Tropical Depression Cindy threatens major flooding in South and Southeast

By Tyson Fisher, Land Line staff writer | Thursday, June 22, 2017

Several states in the South and Southeast are preparing for Tropical Depression Cindy for the remainder of the week, as the weakened storm makes its way through the region. Although the storm was downgraded from a tropical storm to a tropical depression on the morning of Thursday, June 22, residents and travelers should beware of major flooding in the area.

Still a tropical storm at the time, Cindy made landfall at the Texas-Louisiana border at around 3 a.m. local time on Thursday morning with sustained winds of 40 mph. As of 10 a.m. CDT, winds have receded to 35 mph. Two tornadoes in Mississippi and one in Alabama were reported on Wednesday, June 21, according to the National Weather Service.

Despite weakening conditions, flooding can still wreak havoc on the region. NWS reported at 10 a.m. CDT on Thursday that Tropical Depression Cindy “will continue to produce heavy rainfall over portions of the northern Gulf Coast and the southeastern and eastern United States, along with the potential for life-threatening flash flooding in some locations.”
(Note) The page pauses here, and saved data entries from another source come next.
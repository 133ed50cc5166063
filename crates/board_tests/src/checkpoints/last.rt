//! The last generation, in which a board would make no checkpoint: no board is loaded from it.
use crate::asserts::holds;
use crate::making::disk_of;
use bbs_board::{LoadFault, load};
use disk_trait::{Area, Disk};
use std::alloc::Global;
use std::test::Fail;

// An area of the last generation after no transition.
const FIRST: [u8; 52] = *b"\x01DIEGOBBS\x00\x02\xff\xff\xff\xff\xff\xff\xff\xff\
\x00\x00\x00\x1c\x00\x00\x00\x00\x00\x00\x00\x00\x00\x00\x00\x00\x00\x00\x00\x00\x00\x00\x00\x00\
\x00\x00\x00\x00\x00\x00\x00\x00\x00";

// The same after as many transitions as its generation asks for.
const LAST: [u8; 52] = *b"\x01DIEGOBBS\x00\x02\xff\xff\xff\xff\xff\xff\xff\xff\
\x00\x00\x00\x1c\xff\xff\xff\xff\xff\xff\xff\xfe\x00\x00\x00\x00\x00\x00\x00\x00\x00\x00\x00\x00\
\x00\x00\x00\x00\x00\x00\x00\x00\x00";

fn refusal<D: Disk + Drop>(alloc: Global, disk: D) -> Option<LoadFault> {
    match load(alloc, disk) {
        Ok(_) => None,
        Err((_, fault)) => Some(fault),
    }
}

#[test]
fn no_board_is_loaded_from_the_last_generation(rt: HostRuntime) -> Result<(), Fail> {
    let alloc = rt.alloc();
    // A generation is at most two more than the number of transitions, which has a limit of its own.
    for (area, at) in [(&FIRST, 11), (&LAST, 23)] {
        let fault = refusal(alloc, disk_of(alloc, area, b"", &[])?);
        holds(&rt, fault == Some(LoadFault::Damaged { area: Area::A, at }));
    }
    Ok(())
}
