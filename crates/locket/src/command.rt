use crash_backoff::Moment;
use diego_names::Name;

/// What a caller asks of a locket, at a moment that it names.
#[derive(Clone, Copy, Debug, PartialEq, Eq)]
pub struct LockCommand {
    /// The caller's moment. Those of a locket's changes never fall.
    pub now: Moment,
    pub op: LockOp,
}

/// The kinds of command. Times to live are in seconds.
#[derive(Clone, Copy, Debug, PartialEq, Eq)]
pub enum LockOp {
    /// The owner wants the lease, with a fence of its own.
    Acquire { owner: Name, ttl: u32 },
    /// The holder of the lease with this fence wants it until `ttl` seconds from now.
    Renew { owner: Name, fence: u64, ttl: u32 },
    /// The holder of the lease with this fence gives it back.
    Release { owner: Name, fence: u64 },
}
Cindy is expected to move northward to Arkansas, Mississippi and Tennessee by Friday morning and continue northeast toward Kentucky. NWS is predicting rain accumulations of 3-6 inches in eastern Texas, Louisiana, southern/eastern Arkansas, southern Mississippi and southern/central Alabama through Friday morning. Isolated maximum rainfall can reach in excess of 15 inches.

Although Cindy is the first named storm to hit Louisiana since Hurricane Isaac in 2012, an unnamed storm system hit Louisiana last year, costing anywhere from $10 billion to $15 billion in flooding damage. NWS said the odds of such heavy rainfall in a three-day span is less than 0.1 percent, making the 2016 Louisiana flood a 1-in-1,000-year event.

As of Thursday morning, Alabama, Louisiana and Mississippi have declared a State of Emergency. Appropriate Federal Motor Carrier Safety Administration waivers and exemptions have been enacted in those states.